An interesting aspect of the ABO blood groups is their association with disease. Among individuals with stomach and peptic ulcers, there is an excess of type O individuals, whereas among those with cancer of the stomach, there is an excess of type A individuals. Not all type O individuals have an increased risk for peptic or stomach ulcers, however. If type O individuals are secretors, they are protected against ulceration, whereas non-secretors have a two-fold increased risk. Thus the presence of ABO blood group substances act as a protective agent against the development of stomach and peptic ulcers.
The Rh System
The second most important blood group in humans is the Rhesus (Rh) system. Landsteiner and Wiener discovered the Rh blood group in 1940. They found that when they injected rabbits with Rhesus monkey blood; the rabbits produced antibodies against the Rhesus red cells. These antibodies reacted with red blood cells taken from 85 percent of Caucasians in New York City, who were thus said to be Rh positive, while the remaining 15 percent were Rh negative.

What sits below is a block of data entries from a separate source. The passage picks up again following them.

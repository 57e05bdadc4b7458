//! A panel: the headings of its columns, the lanes of threads, and the rows of locks.

use crate::arrows::draw_arrows;
use crate::looks::{Look, look_of_deed, look_of_right};
use crate::rows::draw_rows;
use crate::shapes::{Area, put_label, put_letter, put_marker, put_rect};
use crate::texts::put_text;
use lot_picture::{Cell, Column, Lane};
use picture_layout::Sheet;
use picture_layout::layout::{
    COLUMN, GAP, LANE, Layout, MARGIN, MIDDLE, Panel, Pixels, Run, height_of_lanes,
    height_of_thread, runs,
};
use std::alloc::Global;
use std::io;
use std::io::Write;

/// The columns whose numbers are multiples of this bear them.
const NUMBERED: u64 = 5;

/// After how many columns of a run its letter is written again.
const LETTERED: usize = 8;

/// Writes a panel.
pub fn draw_panel<W: Write>(
    alloc: Global,
    out: &mut W,
    sheet: &Sheet<'_>,
    panel: Panel,
    top: Pixels,
) -> io::Result<()> {
    let foot = top + sheet.height_of_headings(panel);
    let lanes = sheet.lanes_top(panel, top);
    let rows = lanes + height_of_lanes(sheet.recording);
    draw_headings(out, sheet, panel, foot)?;
    draw_grid(out, &sheet.layout, panel, lanes, rows)?;
    draw_threads(alloc, out, sheet, panel, lanes)?;
    draw_arrows(out, sheet, panel, lanes)?;
    draw_rows(
        alloc,
        out,
        sheet.rows.as_slice(),
        &sheet.layout,
        panel,
        rows,
    )
}

/// Writes what is above each column, and every fifth number.
fn draw_headings<W: Write>(
    out: &mut W,
    sheet: &Sheet<'_>,
    panel: Panel,
    foot: Pixels,
) -> io::Result<()> {
    for (at, column) in panel.columns(sheet.recording).iter().enumerate() {
        let x = sheet.layout.column(at);
        if let Some(heading) = sheet.headings.get(panel.from.saturating_add(at)) {
            draw_heading(out, heading.as_str(), column, x + Pixels(11), foot)?;
        }
        let number = column.number;
        if number % NUMBERED == 0 || at == 0 {
            draw_number(out, number, x + MIDDLE, foot + Pixels(10))?;
        }
    }
    Ok(())
}

fn draw_number<W: Write>(out: &mut W, number: u64, x: Pixels, base: Pixels) -> io::Result<()> {
    writeln!(
        out,
        "<text class=\"number\" x=\"{x}\" y=\"{base}\">{number}</text>"
    )
}

fn draw_heading<W: Write>(
    out: &mut W,
    heading: &str,
    column: &Column,
    x: Pixels,
    foot: Pixels,
) -> io::Result<()> {
    write!(
        out,
        "<text class=\"line\" transform=\"translate({x} {foot}) rotate(-90)\" x=\"2\">"
    )?;
    put_text(out, heading.as_bytes())?;
    if !column.said.is_empty() {
        put_said(out, column.said.as_slice())?;
    }
    out.write_all(b"</text>\n")
}

/// Writes what a line answers.
fn put_said<W: Write>(out: &mut W, said: &[u8]) -> io::Result<()> {
    out.write_all(b"<tspan class=\"said\">: ")?;
    put_text(out, said)?;
    out.write_all(b"</tspan>")
}

/// Writes the thin lines between columns.
fn draw_grid<W: Write>(
    out: &mut W,
    layout: &Layout,
    panel: Panel,
    top: Pixels,
    foot: Pixels,
) -> io::Result<()> {
    out.write_all(b"<path class=\"grid\" d=\"")?;
    for at in 0..panel.len.saturating_add(1) {
        let x = layout.column(at);
        write!(out, "M{x} {top}V{foot}")?;
    }
    out.write_all(b"\"/>\n")
}

/// Writes all threads, with the marks of their steps.
fn draw_threads<W: Write>(
    alloc: Global,
    out: &mut W,
    sheet: &Sheet<'_>,
    panel: Panel,
    top: Pixels,
) -> io::Result<()> {
    let mut y = top;
    for thread in &sheet.recording.actors {
        draw_marks(out, sheet, panel, *thread, y + GAP)?;
        draw_thread(alloc, out, sheet, panel, *thread, y + GAP)?;
        y = y + height_of_thread(sheet.recording, *thread);
    }
    Ok(())
}

/// Marks the columns in which a thread takes steps.
fn draw_marks<W: Write>(
    out: &mut W,
    sheet: &Sheet<'_>,
    panel: Panel,
    thread: usize,
    tip: Pixels,
) -> io::Result<()> {
    for (at, column) in panel.columns(sheet.recording).iter().enumerate() {
        if column.thread == Some(thread) {
            put_marker(out, sheet.layout.column(at) + MIDDLE, tip, column.is_taken)?;
        }
    }
    Ok(())
}

/// Writes the name of a thread and its lanes.
fn draw_thread<W: Write>(
    alloc: Global,
    out: &mut W,
    sheet: &Sheet<'_>,
    panel: Panel,
    thread: usize,
    top: Pixels,
) -> io::Result<()> {
    let (base, label) = (top + Pixels(14), sheet.recording.thread_label(thread));
    writeln!(out, "<text x=\"{MARGIN}\" y=\"{base}\">{label}</text>")?;
    let lanes = sheet.recording.lanes_of(thread);
    if lanes.is_empty() {
        return draw_frame(out, &sheet.layout, panel, top);
    }
    let mut y = top;
    for lane in lanes {
        draw_lane_name(out, sheet, lane, y + Pixels(13))?;
        draw_lane(alloc, out, &sheet.layout, panel, lane, y)?;
        y = y + LANE;
    }
    Ok(())
}

/// Writes the name of the lock of a lane, where there are several locks.
fn draw_lane_name<W: Write>(
    out: &mut W,
    sheet: &Sheet<'_>,
    lane: &Lane,
    base: Pixels,
) -> io::Result<()> {
    if !sheet.layout.names_lanes {
        return Ok(());
    }
    let name = sheet.recording.name_of(lane.lock);
    put_label(out, "name end", sheet.layout.name_end(), base, name)
}

/// Writes what a thread is to a lock.
fn draw_lane<W: Write>(
    alloc: Global,
    out: &mut W,
    layout: &Layout,
    panel: Panel,
    lane: &Lane,
    y: Pixels,
) -> io::Result<()> {
    draw_frame(out, layout, panel, y)?;
    for run in &runs(alloc, lane.cells.as_slice(), panel)? {
        draw_run(out, layout, *run, y)?;
    }
    Ok(())
}

/// Writes the outline of a lane.
fn draw_frame<W: Write>(out: &mut W, layout: &Layout, panel: Panel, y: Pixels) -> io::Result<()> {
    let (x, width) = (layout.left, COLUMN.times(panel.len));
    let area = Area {
        x,
        y,
        width,
        height: LANE,
    };
    put_rect(out, "empty", area)
}

/// Writes what a thread is to a lock in columns that follow each other.
fn draw_run<W: Write>(out: &mut W, layout: &Layout, run: Run<Cell>, y: Pixels) -> io::Result<()> {
    let area = Area {
        x: layout.column(run.start),
        y,
        width: COLUMN.times(run.len),
        height: LANE,
    };
    draw_cell(out, run.value, area, run.len)?;
    if run.value.is_inside {
        put_rect(out, "inside", area.bar(Pixels(17)))?;
    }
    Ok(())
}

/// Writes what a thread is to a lock in so many columns, its right above its deed.
fn draw_cell<W: Write>(out: &mut W, cell: Cell, area: Area, columns: usize) -> io::Result<()> {
    let right = cell.right.map(look_of_right);
    let deed = cell.deed.map(look_of_deed);
    match (right, deed) {
        (Some(upper), Some(lower)) => {
            draw_look(out, upper, area.upper(), columns)?;
            draw_look(out, lower, area.lower(), columns)
        }
        (Some(look), None) | (None, Some(look)) => draw_look(out, look, area, columns),
        (None, None) => Ok(()),
    }
}

/// Writes a right or a deed, with its letter in the first column and in each eighth after it, but
/// not where it ends.
fn draw_look<W: Write>(out: &mut W, look: Look, area: Area, columns: usize) -> io::Result<()> {
    put_rect(out, look.class, area)?;
    put_letter(out, look, area.x, area)?;
    for at in (LETTERED..columns.saturating_sub(2)).step_by(LETTERED) {
        put_letter(out, look, area.x + COLUMN.times(at), area)?;
    }
    Ok(())
}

One year earlier (1939), Levine and Stetson published a paper describing the mother of a stillborn infant who had a severe reaction when transfused with her husband's blood. They tested the woman's serum and found that it reacted with 77 percent of blood donors. They postulated that the mother had been exposed to blood from her fetus and produced an antibody that reacted with it. The same antigen was present in the baby's father, explaining the woman's reaction to his blood. Their conclusion was correct, and later they realized that they had discovered the same antigen (Rh) that was discovered in the following year. The antibody found in the mother of the stillborn child was shown to be identical to the anti-Rh antibody produced in the rabbit by Landsteiner and Wiener.
The Rh blood group system is the major cause of hemolytic anemia in the newborn. A fetus who is Rh+ and whose mother is Rh− is at high risk for this disorder, because the mother will produce antibodies against the fetal antigen. The first such fetus is usually not at risk since the fetal cells do not enter the mother's circulation until the time of birth. Only at this time does the mother produce anti-Rh+ antibodies. This complicates future pregnancies, because her antibodies will enter the fetal circulation system and react with fetal blood, causing hemolysis.
A treatment for Rh− women at risk to have an Rh+ fetus is now widely used. Anti-Rh+ antibody is injected into the mother soon after her first delivery. This antibody coats the fetal Rh+ cells in the mother's circulation, which prevents them from causing antibody production in the mother and, therefore, her next child will not be at risk for hemolytic anemia.
The precise genetics of the complex Rh system has been in dispute since the early discoveries. The Rh blood group system is, in fact, much more complex than simply Rh+ and Rh−. There are two genes, one of which has four possible alleles, giving six antigens of which five are commonly tested. The first is D, which is the dominant gene that determines whether one is Rh+ or Rh−. Individuals with genotypes DD and Dd are Rh+ and those who are dd are Rh−. The DD and Dd genotypes cannot be distinguished from one another, since there is no "anti-d" antibody. The remaining four antigens are C, c, E, and e. The Rh locus is on the short arm of chromosome 1 and consists of two tandem genes. The first, RHCE, codes for non-RhD proteins while the second codes for the RhD protein. The Rh polypeptide has been sequenced. It contains 417 amino acids. Thus the molecular genetics conferring different antigenic Rh types is now clear.
Bibliography
Cavalli-Sforza, L. L., and W. F. Bodmer. The Genetics of Human Populations. San Francisco: W. H. Freeman and Company, 1971.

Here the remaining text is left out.